Federal OSHA is a small agency; with our state partners we have approximately 2,200 inspectors responsible for the health and safety of 130 million workers, employed at more than 8 million worksites around the nation — which translates to about one compliance officer for every 59,000 workers.
Federal OSHA has 10 regional offices and 90 local area offices.
FY 2013: $535,246,000
FY 2014: $552,247,000
FY 2015: $552,787,000
FY 2014 total federal inspections: 36,163
FY 2014 total State Plan inspections: 47,217
4,679 workers were killed on the job in 2014 [BLS 2014 workplace fatality preliminary data*] (3.3 per 100,000 full-time equivalent workers) – on average, almost 90 a week or more than 13 deaths every day.

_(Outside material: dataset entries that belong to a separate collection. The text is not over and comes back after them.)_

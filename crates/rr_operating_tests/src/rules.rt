//! A table of two from its opening to the first dividend, by the rules in force.
ghost use Rattle.std.specs.Prelude.{◌≡◌, true};
ghost use Rattle.rr_auction.specs.Small as auction;
ghost use Rattle.rr_stock.specs.Small.{HasSeat};
ghost use Rattle.rr_trains.specs.Depot.Small as depot;

use crate::fixtures::{A, B, kit, name};
use rr_books::{
    Act, Corp, Entry, Kind, Marker, Money, Party, Seat, ShareSource, TrainSource, Words,
};
use rr_kit::Kit;
use rr_rules::Standing;
use rr_rules::laws::{acts_have_one_verdict, bankruptcy_ends_the_game};
use std::alloc::Global;
use std::process::Abort;

const BOARD: &str = "hex A 0,0 grey c20/1:5
hex B 1,0 yellow 2-5
hex C 2,0 grey t10:2,5
hex D 3,0 grey c30/2:2,5
hex E 4,0 red o40/40:2
hex F 1,1 white
home B&O A 1
home PRR D 1
";

const TILES: &[u8] = b"yellow 7 x4 0-1
green 23 x3 0-3 0-4
";

const BO: Corp = Corp::Bo;

const PRR: Corp = Corp::Prr;

/// A command.
#[derive(Clone, Copy)]
enum Order {
    /// The seat buys the cheapest private.
    Private(Seat),
    Pass(Seat),
    /// A par of 100.
    Par(Seat, Corp),
    /// The seat buys a share of the offering.
    Share(Seat, Corp),
    Done(Seat),
    /// A tile, not turned, on the hex of this name.
    Lay(&'static str, u16),
    /// The corporation's trains run from A to the town in C.
    Run(Corp),
    PayOut(Corp),
    Hold(Corp),
    /// The corporation buys a 2-train of the bank.
    Train(Corp),
    Force(Corp),
    End(Corp),
}

use Order::{Done, End, Force, Hold, Lay, Par, Pass, PayOut, Private, Run, Share, Train};

fn command(rt: &impl Abort, alloc: Global, order: Order) -> Act {
    match order {
        Private(seat) => Act::BuyPrivate { seat },
        Pass(seat) => Act::Pass { seat },
        Par(seat, corp) => par(seat, corp),
        Share(seat, corp) => share(seat, corp),
        Done(seat) => Act::Done { seat },
        Lay(hex, tile) => lay(rt, hex, tile),
        Run(corp) => run(rt, alloc, corp),
        PayOut(corp) => Act::PayOut { corp },
        Hold(corp) => Act::Hold { corp },
        Train(corp) => train(corp),
        Force(corp) => Act::Force { corp },
        End(corp) => Act::End { corp },
    }
}

fn par(seat: Seat, corp: Corp) -> Act {
    let price = 100;
    Act::Par { seat, corp, price }
}

fn share(seat: Seat, corp: Corp) -> Act {
    let source = ShareSource::Offer;
    Act::BuyShare { seat, corp, source }
}

fn train(corp: Corp) -> Act {
    Act::BuyTrain {
        corp,
        kind: Kind::Two,
        source: TrainSource::Bank,
    }
}

fn lay(rt: &impl Abort, hex: &str, tile: u16) -> Act {
    Act::Lay {
        corp: BO,
        hex: name(rt, hex.as_bytes()),
        tile,
        turn: 0,
    }
}

fn run(rt: &impl Abort, alloc: Global, corp: Corp) -> Act {
    let sheet = Words::of(alloc, b"2=1-2-3").expect(rt, "memory");
    Act::Run { corp, sheet }
}

/// Whether the command's seat and amounts are small, as those of each of these commands are.
fn is_small(act: &Act) -> bool
    ensures seated { result ≡ true → HasSeat act.now }
    ensures small_bid { result ≡ true → auction.IsSmall act.now }
    ensures small_price { result ≡ true → depot.IsSmall act.now }
{
    match act {
        Act::Par { seat, .. } => seat.0 < 6,
        Act::BuyShare { seat, .. } => seat.0 < 6,
        Act::Sell { seat, .. } => seat.0 < 6,
        Act::Swap { seat, .. } => seat.0 < 6,
        Act::Done { seat } => seat.0 < 6,
        Act::BuyPrivate { seat } => seat.0 < 6,
        Act::Bid { amount, .. } => *amount <= 10_000_000_000,
        Act::BuyTrainFrom { price, .. } => *price <= 10_000_000_000,
        Act::TakePrivate { price, .. } => *price <= 10_000_000_000,
        _ => true,
    }
}

fn table_kit(rt: &impl Abort, alloc: Global) -> Kit {
    kit(rt, alloc, b"100p\n", TILES, BOARD)
}

fn opened(rt: &impl Abort, alloc: Global, kit: &Kit) -> Standing {
    Standing::open(alloc, 2, kit.roster()).expect(rt, "memory")
}

/// The number of the command's fault, or 0. The table is as it is behind a lawful one.
fn fault(rt: &impl Abort, alloc: Global, kit: &Kit, table: &mut Standing, act: &Act) -> u8 {
    assert!(rt; is_small(act));
    match table.take(alloc, kit, act) {
        Ok(taken) => {
            *table = taken.standing;
            0
        }
        Err(fault) => fault.number(),
    }
}

fn number(rt: &impl Abort, alloc: Global, kit: &Kit, table: &mut Standing, order: Order) -> u8 {
    fault(rt, alloc, kit, table, &command(rt, alloc, order))
}

/// Whether these commands are lawful, one behind the other.
fn are_lawful(
    rt: &impl Abort,
    alloc: Global,
    kit: &Kit,
    table: &mut Standing,
    orders: &[Order],
) -> bool {
    for order in orders {
        if number(rt, alloc, kit, table, *order) != 0 {
            return false;
        }
    }
    true
}

/// What the rules make of a table.
#[derive(Clone, Copy)]
enum Step {
    /// The commands are lawful, and the next step is behind them.
    Plays(&'static [Order]),
    /// The command is refused, by the fault of this number.
    Refuses(Order, u8),
    /// The party has so much.
    Has(Party, i64),
    /// The trains have earned so much.
    Earned(i64),
    /// The game isn't over.
    GoesOn,
    /// A's purchase of the first private adds its words, the private and the payment, and leaves A so much.
    Buys(i64),
}

use Step::{Buys, Earned, GoesOn, Has, Plays, Refuses};

fn is_right(rt: &impl Abort, alloc: Global, kit: &Kit, table: &mut Standing, step: Step) -> bool {
    match step {
        Plays(orders) => are_lawful(rt, alloc, kit, table, orders),
        Refuses(order, wanted) => number(rt, alloc, kit, table, order) == wanted,
        Has(party, amount) => cash(table, party) == amount,
        Earned(amount) => table.revenue().0 == amount,
        GoesOn => !table.is_over(kit),
        Buys(amount) => first_purchase(alloc, kit, table) == (true, amount),
    }
}

/// Whether a game goes as these steps say, from its opening.
fn goes_so(rt: &impl Abort, alloc: Global, steps: &[Step]) -> bool {
    let kit = table_kit(rt, alloc);
    let mut table = opened(rt, alloc, &kit);
    let mut right = true;
    for step in steps {
        right = right && is_right(rt, alloc, &kit, &mut table, *step);
    }
    right
}

/// All privates are sold at their faces, and the B&O's par is 100: A has 950 dollars, B 830.
const AUCTION: &[Order] = &[
    Private(A),
    Private(B),
    Private(A),
    Private(B),
    Private(A),
    Private(B),
    Par(B, BO),
];

/// Then A gets 60% of the PRR, B of the B&O, which is due; each corporation has 1,000 dollars.
const STOCK_ROUND: &[Order] = &[
    Par(A, PRR),
    Done(A),
    Share(B, BO),
    Done(B),
    Share(A, PRR),
    Done(A),
    Share(B, BO),
    Done(B),
    Share(A, PRR),
    Done(A),
    Share(B, BO),
    Done(B),
    Share(A, PRR),
    Done(A),
    Share(B, BO),
    Done(B),
    Done(A),
    Done(B),
];

fn cash(table: &Standing, party: Party) -> i64 {
    table.position().books().balance(party).0
}

fn is_of_a_purchase(entries: &[Entry]) -> bool {
    matches!(
        entries,
        [
            Entry::Step(Marker::Act(Act::BuyPrivate { .. })),
            Entry::Move { .. },
            Entry::Pay {
                amount: Money(20),
                ..
            },
        ]
    )
}

/// Whether the first purchase adds its words, its private and its payment, and what A has behind it.
fn first_purchase(alloc: Global, kit: &Kit, table: &Standing) -> (bool, i64) {
    let taken = table.take(alloc, kit, &Act::BuyPrivate { seat: A });
    match taken {
        Ok(taken) => (
            is_of_a_purchase(taken.entries.as_slice()),
            cash(&taken.standing, Party::Seat(A)),
        ),
        Err(_) => (false, 0),
    }
}

static A_PURCHASE: [Step; 1] = [Buys(1180)];

#[test]
fn a_command_hands_up_what_it_adds(rt: HostRuntime) {
    assert!(rt; goes_so(&rt, rt.alloc(), &A_PURCHASE));
}

static AN_AUCTION: [Step; 12] = [
    // A name that the kit lacks comes before the wrong step.
    Refuses(Lay("Z", 7), 1),
    Refuses(Lay("F", 8), 1),
    Refuses(Hold(BO), 42),
    Refuses(Done(A), 42),
    Refuses(Pass(B), 20),
    Plays(AUCTION),
    Has(Party::Seat(A), 950),
    Has(Party::Seat(B), 830),
    Has(Party::Corp(BO), 0),
    Earned(0),
    Refuses(Pass(A), 42),
    Refuses(Hold(BO), 42),
];

#[test]
fn an_auction_by_its_rules(rt: HostRuntime) {
    assert!(rt; goes_so(&rt, rt.alloc(), &AN_AUCTION));
}

/// The first turn of the first operating round.
static A_TURN: [Step; 18] = [
    Plays(AUCTION),
    Plays(STOCK_ROUND),
    // 450 dollars and three incomes of 45 together, 430 and 60.
    Has(Party::Seat(A), 495),
    Has(Party::Seat(B), 490),
    Has(Party::Corp(BO), 1000),
    Earned(0),
    Refuses(Done(A), 42),
    Refuses(Hold(PRR), 20),
    Refuses(Force(BO), 42),
    // The corporation runs nothing, buys a 2-train, which it must, and ends its turn.
    Plays(&[Hold(BO)]),
    Refuses(End(BO), 47),
    Plays(&[Train(BO), End(BO)]),
    Has(Party::Seat(A), 495),
    Has(Party::Seat(B), 490),
    Has(Party::Corp(BO), 920),
    Earned(0),
    GoesOn,
    Refuses(Hold(BO), 20),
];

#[test]
fn an_operating_round_by_its_rules(rt: HostRuntime) {
    assert!(rt; goes_so(&rt, rt.alloc(), &A_TURN));
}

/// Both corporations are equipped, both players pass the second stock round, the incomes are paid again, and the B&O
/// runs.
const TO_A_RUN: &[Order] = &[
    Hold(BO),
    Train(BO),
    End(BO),
    Hold(PRR),
    Train(PRR),
    End(PRR),
    Done(A),
    Done(B),
    Run(BO),
];

static A_RUN: [Step; 9] = [
    Plays(AUCTION),
    Plays(STOCK_ROUND),
    Plays(TO_A_RUN),
    Earned(30),
    Plays(&[PayOut(BO)]),
    // 490 dollars, 30 of two privates, as the B&O's went with the corporation's first train, and 18 for 60%.
    Has(Party::Seat(B), 538),
    Earned(30),
    Plays(&[End(BO)]),
    Earned(0),
];

#[test]
fn what_a_run_earns_is_paid_out(rt: HostRuntime) {
    assert!(rt; goes_so(&rt, rt.alloc(), &A_RUN));
}

#[test]
fn laws_are_called(_rt: HostRuntime) {
    acts_have_one_verdict();
    bankruptcy_ends_the_game();
}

789 Hispanic or Latino workers were killed from work-related injuries in 2014–on average, more than 15 deaths a week or two Latino workers killed every single day of the year, all year long.
Fatal work injuries involving contractors accounted for 17 percent of all fatal work injuries in 2014.
Out of 4,251* worker fatalities in private industry in calendar year 2014, 874 or 20.5% were in construction―that is, one in five worker deaths last year were in construction. The leading causes of worker deaths on construction sites were falls, followed by electrocution, struck by object, and caught-in/between. These "Fatal Four" were responsible for more than half (58.1%) the construction worker deaths in 2014*, BLS reports. Eliminating the Fatal Four would save 508 workers' lives in America every year.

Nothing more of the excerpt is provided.